Another benefit is the production of digestive enzymes. Many probiotic strains produce enzymes that help break down feed components such as proteins or carbohydrates. These enzymatic contributions can support nutrient digestion over time. Postbiotics may contain metabolites but cannot generate new enzymatic activity in the gut.

Choosing the Right Tool

For swine, poultry, and aquaculture nutritionists in Vietnam and Thailand, probiotics and postbiotics should therefore be viewed as complementary solutions rather than competing technologies.

Postbiotics are particularly useful when rapid, stable, and predictable functional effects are required.

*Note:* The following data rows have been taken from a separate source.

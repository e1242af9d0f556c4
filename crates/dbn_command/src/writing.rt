//! Replies as text.

ghost use Rattle.std.specs.Prelude.{◌≡◌, ◌++◌, ◌∷◌, ◌+◌, ◌≤◌, ◌<◌, ◌^◌, length, codes, decimal, IfOk, OnOk};
ghost use Rattle.std.specs.List.{flat_map, AllByRecursion};
ghost use Rattle.dbn_value.specs.Spelling.{spelling};
ghost use Rattle.dbn_net.specs.Tables.{places};
ghost use Rattle.dbn_command.specs.Replies.{values_text, bound_text, fresh_text, fired_text, row_line, rows_text, counted_text, place_at, why_text, group_line_text, reply_text, HasIds, IsWhy, IsReply};

use super::reply::{GroupLine, MemberWhy, Reply};
use dbn_net::{Net, Place};
use dbn_value::{Bytes, ColType, Name, Row, Value, Var, spell};
use std::alloc::{AllocError, Global};

/// Appends the bytes.
fn add(out: &mut Vec<u8>, bytes: &[u8]) -> Result<(), AllocError>
    ensures { OnOk result (out.new.items ≡ out.old.items ++ bytes.now) }
{
    out.extend_from_slice(bytes)
}

/// Appends the number's digits.
fn add_number(alloc: Global, out: &mut Vec<u8>, number: u64) -> Result<(), AllocError>
    ensures { OnOk result (out.new.items ≡ out.old.items ++ decimal number) }
{
    let digits = number.to_string(alloc)?;
    add(out, digits.as_bytes())
}

/// Appends the value's spelling.
fn add_value(alloc: Global, out: &mut Vec<u8>, value: &Value) -> Result<(), AllocError>
    ensures { OnOk result (out.new.items ≡ out.old.items ++ spelling value.now) }
{
    let spelled = spell(alloc, value)?;
    add(out, spelled.as_slice())
}

/// Appends a space and each value.
fn add_values(alloc: Global, out: &mut Vec<u8>, row: &[Value]) -> Result<(), AllocError>
    ensures { OnOk result (out.new.items ≡ out.old.items ++ values_text row.now) }
{
    for value in row {
        out.push(b' ')?;
        add_value(alloc, out, value)?;
    }
    Ok(())
}

/// Appends ` x=v`.
fn add_bound(alloc: Global, out: &mut Vec<u8>, name: &Name, value: &Value) -> Result<(), AllocError>
    ensures { OnOk result (out.new.items ≡ out.old.items ++ 32 ∷ name.now ++ codes "=" ++ spelling value.now) }
{
    out.push(b' ')?;
    add(out, name.as_bytes())?;
    out.push(b'=')?;
    add_value(alloc, out, value)
}

/// Appends each variable with its value.
fn add_all_bound(
    alloc: Global,
    out: &mut Vec<u8>,
    vars: &[(Var, ColType)],
    row: &[Value],
) -> Result<(), AllocError>
    ensures { OnOk result (out.new.items ≡ out.old.items ++ bound_text vars.now row.now) }
{
    for (var, value) in vars.iter().zip(row) {
        add_bound(alloc, out, &var.0.name, value)?;
    }
    Ok(())
}

/// Appends ` x=#n`.
fn add_id(alloc: Global, out: &mut Vec<u8>, name: &Name, number: u64) -> Result<(), AllocError>
    ensures { OnOk result (out.new.items ≡ out.old.items ++ 32 ∷ name.now ++ codes "=#" ++ decimal number) }
{
    out.push(b' ')?;
    add(out, name.as_bytes())?;
    add(out, b"=#".as_slice())?;
    add_number(alloc, out, number)
}

/// Appends each variable with its id, from the first one on.
fn add_ids(alloc: Global, out: &mut Vec<u8>, vars: &[Var], first: u64) -> Result<(), AllocError>
    requires { first + length vars.now ≤ 2 ^ 62 }
    ensures { OnOk result (out.new.items ≡ out.old.items ++ fresh_text vars.now first) }
{
    for (i, var) in vars.iter().enumerate() {
        add_id(alloc, out, &var.name, first + i as u64)?;
    }
    Ok(())
}

/// Appends how a firing ended, the number of firings and the new ids.
#[tactic(auto, unfolding(crate::specs::Replies::fired_text, crate::specs::Replies::group_line_text))]
fn add_fired(alloc: Global, out: &mut Vec<u8>, net: &Net, line: GroupLine) -> Result<(), AllocError>
    requires { HasIds net.now line.t line.first }
    ensures { OnOk result (out.new.items ≡ out.old.items ++ group_line_text net.now line) }
{
    if line.committed {
        add(out, b"committed ".as_slice())?;
    } else {
        add(out, b"rolled-back ".as_slice())?;
    }
    add_number(alloc, out, line.fired)?;
    add_ids(
        alloc,
        out,
        net.transition_at(line.t).fresh.as_slice(),
        line.first,
    )?;
    out.push(b'\n')?;
    Ok(())
}

/// Appends a line for each member, and how many there are.
fn add_group(
    alloc: Global,
    out: &mut Vec<u8>,
    net: &Net,
    lines: &[GroupLine],
) -> Result<(), AllocError>
    requires { AllByRecursion (λ l. HasIds net.now l.t l.first) lines.now }
    ensures { OnOk result (out.new.items ≡ out.old.items ++ flat_map (group_line_text net.now) lines.now ++ codes "group " ++ decimal (length lines.now) ++ codes "\n") }
{
    for line in lines {
        add_fired(alloc, out, net, *line)?;
    }
    add_count(alloc, out, b"group ".as_slice(), lines.len())
}

/// Appends the last line: a word and a count.
fn add_count(alloc: Global, out: &mut Vec<u8>, word: &[u8], count: usize) -> Result<(), AllocError>
    ensures { OnOk result (out.new.items ≡ out.old.items ++ word.now ++ decimal count ++ codes "\n") }
{
    add(out, word)?;
    add_number(alloc, out, count as u64)?;
    out.push(b'\n')?;
    Ok(())
}

/// Appends the line of a row of bound variables.
#[tactic(auto, unfolding(crate::specs::Replies::row_line))]
fn add_binding(
    alloc: Global,
    out: &mut Vec<u8>,
    vars: &[(Var, ColType)],
    row: &[Value],
) -> Result<(), AllocError>
    ensures { OnOk result (out.new.items ≡ out.old.items ++ row_line (bound_text vars.now) row.now) }
{
    add(out, b"row".as_slice())?;
    add_all_bound(alloc, out, vars, row)?;
    out.push(b'\n')?;
    Ok(())
}

/// Appends the lines of rows of bound variables.
#[tactic(auto, unfolding(crate::specs::Replies::rows_text))]
fn add_bindings(
    alloc: Global,
    out: &mut Vec<u8>,
    vars: &[(Var, ColType)],
    rows: &[Row<Value>],
) -> Result<(), AllocError>
    ensures { OnOk result (out.new.items ≡ out.old.items ++ rows_text (bound_text vars.now) (codes "bindings ") rows.now) }
{
    for row in rows {
        add_binding(alloc, out, vars, row.as_slice())?;
    }
    add_count(alloc, out, b"bindings ".as_slice(), rows.len())
}

/// Appends the line of a row and its count.
#[tactic(auto, unfolding(crate::specs::Replies::row_line))]
fn add_tokens(alloc: Global, out: &mut Vec<u8>, row: &[Value], count: u64) -> Result<(), AllocError>
    ensures { OnOk result (out.new.items ≡ out.old.items ++ row_line counted_text (row.now, count)) }
{
    add(out, b"row ".as_slice())?;
    add_number(alloc, out, count)?;
    add_values(alloc, out, row)?;
    out.push(b'\n')?;
    Ok(())
}

/// Appends the lines of counted rows.
#[tactic(auto, unfolding(crate::specs::Replies::rows_text))]
fn add_marking(
    alloc: Global,
    out: &mut Vec<u8>,
    rows: &[(Row<Value>, u64)],
) -> Result<(), AllocError>
    ensures { OnOk result (out.new.items ≡ out.old.items ++ rows_text counted_text (codes "marking ") rows.now) }
{
    for counted in rows {
        add_tokens(alloc, out, counted.0.as_slice(), counted.1)?;
    }
    add_count(alloc, out, b"marking ".as_slice(), rows.len())
}

/// Appends the line of a row.
#[tactic(auto, unfolding(crate::specs::Replies::row_line))]
fn add_fact(alloc: Global, out: &mut Vec<u8>, row: &[Value]) -> Result<(), AllocError>
    ensures { OnOk result (out.new.items ≡ out.old.items ++ row_line values_text row.now) }
{
    add(out, b"row".as_slice())?;
    add_values(alloc, out, row)?;
    out.push(b'\n')?;
    Ok(())
}

/// Appends the lines of rows.
#[tactic(auto, unfolding(crate::specs::Replies::rows_text))]
fn add_facts(alloc: Global, out: &mut Vec<u8>, rows: &[Row<Value>]) -> Result<(), AllocError>
    ensures { OnOk result (out.new.items ≡ out.old.items ++ rows_text values_text (codes "facts ") rows.now) }
{
    for row in rows {
        add_fact(alloc, out, row.as_slice())?;
    }
    add_count(alloc, out, b"facts ".as_slice(), rows.len())
}

/// The name of the place.
fn name_of(net: &Net, place: usize) -> &Name
    requires { place < length (places net.now) }
    ensures { result.now ≡ place_at net.now place }
{
    match net.place_at(place) {
        Place::Control { name, .. } => name,
        Place::View { name, .. } => name,
    }
}

/// Appends the reason.
#[tactic(auto, unfolding(crate::specs::Replies::why_text))]
fn add_why(out: &mut Vec<u8>, net: &Net, why: MemberWhy) -> Result<(), AllocError>
    requires { IsWhy net.now why }
    ensures { OnOk result (out.new.items ≡ out.old.items ++ why_text net.now why) }
{
    match why {
        MemberWhy::Disabled => add(out, b"disabled".as_slice()),
        MemberWhy::UnknownId => add(out, b"id".as_slice()),
        MemberWhy::FreshEnd => add(out, b"fresh-end".as_slice()),
        MemberWhy::FiringEnd => add(out, b"firing-end".as_slice()),
        MemberWhy::Count(place) => {
            add(out, b"count ".as_slice())?;
            add(out, name_of(net, place).as_bytes())
        }
    }
}

/// Appends the refusal of a member.
fn add_member(
    alloc: Global,
    out: &mut Vec<u8>,
    net: &Net,
    number: u64,
    why: MemberWhy,
) -> Result<(), AllocError>
    requires { IsWhy net.now why }
    ensures { OnOk result (out.new.items ≡ out.old.items ++ codes "member " ++ decimal number ++ codes " refused " ++ why_text net.now why ++ codes "\n") }
{
    add(out, b"member ".as_slice())?;
    add_number(alloc, out, number)?;
    add(out, b" refused ".as_slice())?;
    add_why(out, net, why)?;
    out.push(b'\n')?;
    Ok(())
}

/// How a firing ended.
fn group_line(committed: bool, t: usize, fired: u64, first: u64) -> GroupLine
    ensures { result ≡ record { committed = committed; t = t; fired = fired; first = first } }
{
    GroupLine {
        committed,
        t,
        fired,
        first,
    }
}

/// Appends the line of a checkpoint.
fn add_generation(alloc: Global, out: &mut Vec<u8>, generation: u64) -> Result<(), AllocError>
    ensures { OnOk result (out.new.items ≡ out.old.items ++ codes "checkpoint " ++ decimal generation ++ codes "\n") }
{
    add(out, b"checkpoint ".as_slice())?;
    add_number(alloc, out, generation)?;
    out.push(b'\n')?;
    Ok(())
}

/// Appends a line of a word and a name.
fn add_named(out: &mut Vec<u8>, word: &[u8], name: &Name) -> Result<(), AllocError>
    ensures { OnOk result (out.new.items ≡ out.old.items ++ word.now ++ name.now ++ codes "\n") }
{
    add(out, word)?;
    add(out, name.as_bytes())?;
    out.push(b'\n')?;
    Ok(())
}

/// Appends the text of the reply.
#[tactic(auto, unfolding(crate::specs::Replies::reply_text, crate::specs::Replies::group_line_text))]
fn add_reply(alloc: Global, out: &mut Vec<u8>, net: &Net, reply: &Reply) -> Result<(), AllocError>
    requires { IsReply net.now reply.now }
    ensures { OnOk result (out.new.items ≡ out.old.items ++ reply_text net.now reply.now) }
{
    match reply {
        Reply::Long => add(out, b"error long\n".as_slice()),
        Reply::Line => add(out, b"error line\n".as_slice()),
        Reply::Unknown(name) => add_named(out, b"error unknown ".as_slice(), name),
        Reply::Shape => add(out, b"error shape\n".as_slice()),
        Reply::Disabled => add(out, b"refused disabled\n".as_slice()),
        Reply::UnknownId => add(out, b"refused id\n".as_slice()),
        Reply::FreshEnd => add(out, b"refused fresh-end\n".as_slice()),
        Reply::FiringEnd => add(out, b"refused firing-end\n".as_slice()),
        Reply::OldStore => add(out, b"refused old-store\n".as_slice()),
        Reply::StoreFull => add(out, b"refused store-full\n".as_slice()),
        Reply::Count(place) => add_named(out, b"refused count ".as_slice(), name_of(net, *place)),
        Reply::Member { number, why } => add_member(alloc, out, net, *number, *why),
        Reply::Committed { t, fired, first } => {
            add_fired(alloc, out, net, group_line(true, *t, *fired, *first))
        }
        Reply::RolledBack { t, fired, first } => {
            add_fired(alloc, out, net, group_line(false, *t, *fired, *first))
        }
        Reply::Group(lines) => add_group(alloc, out, net, lines.as_slice()),
        Reply::Bindings { t, rows } => {
            add_bindings(
                alloc,
                out,
                net.transition_at(*t).bound.as_slice(),
                rows.as_slice(),
            )
        }
        Reply::Marking(rows) => add_marking(alloc, out, rows.as_slice()),
        Reply::Facts(rows) => add_facts(alloc, out, rows.as_slice()),
        Reply::Checkpoint(generation) => add_generation(alloc, out, *generation),
    }
}

/// The text of the reply, each of its lines with a line feed. An error is want of memory.
pub fn reply_text(alloc: Global, reply: &Reply, net: &Net) -> Result<Bytes, AllocError>
    requires { IsReply net.now reply.now }
    ensures { IfOk result (λ text. text ≡ reply_text net.now reply.now) }
{
    let mut out = Vec::new(alloc);
    add_reply(alloc, &mut out, net, reply)?;
    Ok(Bytes::from_vec(out))
}
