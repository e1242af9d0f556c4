//! The tokens of a line.

ghost use Rattle.std.specs.Prelude.{◌≡◌, ◌++◌, ◌∷◌, [], map, IfOk, OnOk};
ghost use Rattle.std.specs.List.{filter};
ghost use Rattle.dbn_command.specs.Tokens.{is_blank, after, separates, has_bytes, tokens};

use sqlite_items::Items;
use std::alloc::{AllocError, Global};

/// Where a byte of a line stands.
#[derive(Clone, Copy, Debug, Drop)]
pub(crate) enum Place {
    /// At the start of the line, or behind a blank that parts tokens.
    Between,
    /// In a token, outside a text.
    Inside,
    /// In a text.
    Quoted,
    /// In a text, behind a backslash that isn't escaped.
    Escaped,
}

/// Whether the byte is a space or a tab.
fn is_blank(byte: u8) -> bool
    ensures { result ≡ is_blank byte }
{
    byte == b' ' || byte == b'\t'
}

impl Place {
    /// Where the bytes behind this byte stand.
    fn after(self, byte: u8) -> Place
        ensures { result ≡ after self byte }
    {
        match self {
            Place::Between => {
                if is_blank(byte) {
                    Place::Between
                } else if byte == b'"' {
                    Place::Quoted
                } else {
                    Place::Inside
                }
            }
            Place::Inside => {
                if is_blank(byte) {
                    Place::Between
                } else {
                    Place::Inside
                }
            }
            Place::Quoted => {
                if byte == b'"' {
                    Place::Inside
                } else if byte == b'\\' {
                    Place::Escaped
                } else {
                    Place::Quoted
                }
            }
            Place::Escaped => Place::Quoted,
        }
    }

    /// Whether the byte parts tokens.
    fn separates(self, byte: u8) -> bool
        ensures { result ≡ separates self byte }
    {
        match self {
            Place::Between => is_blank(byte),
            Place::Inside => is_blank(byte),
            Place::Quoted => false,
            Place::Escaped => false,
        }
    }
}

/// Appends the part, unless it is empty.
fn add_part<'a>(found: &mut Items<&'a [u8]>, part: &'a [u8]) -> Result<(), AllocError>
    ensures { OnOk result (map (λ token. token.now) found.new ≡ map (λ token. token.now) found.old ++ filter has_bytes (part.now ∷ [])) }
{
    if !part.is_empty() {
        found.push(part)?;
    }
    Ok(())
}

/// The tokens of the line, as parts of it.
pub(crate) fn tokens<'a>(alloc: Global, line: &'a [u8]) -> Result<Items<&'a [u8]>, AllocError>
    ensures { IfOk result (λ found. map (λ token. token.now) found ≡ tokens line.now) }
{
    let mut found = Items::new(alloc);
    let mut place = Place::Between;
    let mut start = 0;
    for (i, byte) in line.iter().enumerate() {
        if place.separates(*byte) {
            add_part(&mut found, &line[start..i])?;
            start = i + 1;
        }
        place = place.after(*byte);
    }
    add_part(&mut found, &line[start..])?;
    Ok(found)
}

They are often selected and developed with a specific physiological objective, most frequently the reinforcement of the animal’s immune response, especially during early life stages or periods of disease pressure.

Probiotics, on the other hand, are better suited for long-term modulation of the intestinal microbiota, where continuous microbial activity, pathogen exclusion, and enzymatic contributions can help stabilize gut function. Their success, however, depends strongly on the selection of the right strain, as only a limited number of Bacillus strains demonstrate consistent benefits in animal production.

By understanding the distinct mechanisms of these two approaches, feed nutritionists can select the most appropriate strategy to improve animal health, resilience, and production performance across swine, poultry, and aquaculture systems.